Data for processing:
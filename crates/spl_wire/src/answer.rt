//! What a node answers to an event.

use spl_agree::{Generation, Note, Place, Reason};
use spl_base::{BatchId, BatchIds, Boxed, CircuitId, Listing, NodeId, Piece};
use spl_circuit::{CheckedDefinition, Lifecycle, Mark, Members, RouteFault};
use spl_command::Receipts;
use spl_state::Address;

/// Why an event is refused. A refused event changes nothing and sends nothing (docs/RULES.md,
/// Cells).
#[derive(Clone, Copy, PartialEq, Eq)]
pub enum Refusal {
    /// The node is down.
    Down,
    /// The cell is empty or purged.
    NoCircuit,
    /// The definition breaks the rule of this number, and none before it.
    BadDefinition(u8),
    /// The proposing node isn't a member.
    NotMember,
    /// The cell is bound or purged with this generation, and the proposed one isn't above it.
    StaleGeneration { bound: Generation },
    /// The cell is bound.
    CircuitHeld,
    /// An act of this node is pending here or its next one is known here, or no further one may be.
    ActPending,
    /// The circuit is neither proposed nor disbanding.
    NoProposal,
    /// This node has accepted what is asked for.
    AlreadyVoted,
    /// This node isn't the one that asked for it.
    NotRequester,
    /// The circuit doesn't run; where it shall be disbanded: it isn't active.
    NotActive,
    /// The node takes no further part.
    Closed,
    /// The batch breaks the rule of this number, and none before it.
    BadBatch(u8),
    /// The id of the batch is known here with other content.
    IdTaken,
    /// The id isn't known here, and 64 batches are pending here.
    QueueFull,
    /// The node takes part, and its part isn't over.
    NotPurgeable,
    /// Fewer messages were sent.
    NoMessage,
    /// A message between these services isn't delivered.
    NotRouted(RouteFault),
    /// No batch of the id is known here; of a receipt: none is committed here.
    UnknownId,
    /// The circuit's version is 1, in which it can't be disbanded.
    VersionTooLow,
    /// The bytes are no proof: the first field that can't be read begins at this byte, or the proof
    /// ends there and bytes follow it.
    NotProof { at: usize },
}

impl Refusal {
    /// There is no way between services of a circuit that isn't bound.
    pub const NO_WAY: Refusal = Refusal::NotRouted(RouteFault::CircuitDoesNotExist);
}

/// Where a batch stands at a node.
#[derive(Clone, Copy, PartialEq, Eq)]
pub enum BatchStatus {
    /// It is at this place of the agreed list.
    Committed(Place),
    Pending,
    /// It was refused, for this reason.
    Refused(Reason),
}

/// An entry of a state.
#[derive(Drop)]
pub struct Entry {
    pub address: Address,
    pub value: Piece,
}

/// Entries of a state, in the order of their addresses.
pub type Entries = Listing<Entry>;

/// What became of the record of an event in which its node stopped.
#[derive(Clone, Copy, PartialEq, Eq)]
pub enum Bit {
    /// The disks have it.
    Kept,
    /// They don't.
    Lost,
    /// The event changed nothing, so it had none.
    Nothing,
}

/// The answer to a line (docs/RULES.md, Answers).
#[derive(Drop)]
pub enum Answer {
    /// The value is pending, or it was known here already, with equal content.
    Submitted {
        known: bool,
    },
    /// The circuit was abandoned, or purged.
    Left {
        purged: bool,
    },
    /// What a bound cell keeps: the numbers are those of acts and batches that are committed and
    /// pending here.
    Show {
        generation: Generation,
        lifecycle: Lifecycle,
        mark: Mark,
        accepted: Members,
        acts: u32,
        acts_pending: u32,
        batches: u32,
        batches_pending: u32,
    },
    /// The definition that a cell is bound to with its hash, and where the circuit stands here.
    Detail {
        definition: CheckedDefinition,
        hash: Boxed<[u8; 32]>,
        lifecycle: Lifecycle,
        mark: Mark,
        accepted: Members,
        requester: Boxed<Option<NodeId>>,
    },
    /// How many batches are committed here, and the root of the state that they left.
    Root {
        count: u32,
        root: [u8; 32],
    },
    /// The root of the state that the committed batches left, and the byte form of a proof, under
    /// it, of what that state has at an address.
    Proof {
        root: Boxed<[u8; 32]>,
        bytes: Piece,
    },
    /// Whether a proof is accepted with what is claimed.
    Checked {
        accepted: bool,
    },
    /// The ids of the batches that are committed here, in their order.
    History(BatchIds),
    /// The value at an address, if there is one.
    Value(Option<Piece>),
    /// The entries under a prefix.
    Listed(Entries),
    /// Where a batch stands.
    Status(BatchStatus),
    /// What a committed batch left, and its place in the agreed list.
    Receipt {
        batch: BatchId,
        place: Place,
        receipts: Receipts,
    },
    /// A message between these services would be delivered.
    Routed,
    /// What the two groups did.
    Notes {
        admin: Note,
        service: Note,
    },
    /// What a message did.
    Delivered(Note),
    /// So many passes were made.
    Calm {
        passes: u8,
    },
    /// The node is up, or down.
    Power {
        up: bool,
    },
    /// The circuits that are bound at a node, in the order of their ids.
    Roll(Listing<CircuitId>),
    /// The node stopped in the event, after some calls on its disks.
    Cut(Bit),
    /// A call on its disks failed in the event, and the node stopped.
    Fault(Bit),
    /// Nothing happened.
    Refused(Refusal),
}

Exercise requirements: Copy every line of the entries above in which "bool" occurs.

Result for this exercise:
        known: bool,
        purged: bool,
        accepted: bool,
        up: bool,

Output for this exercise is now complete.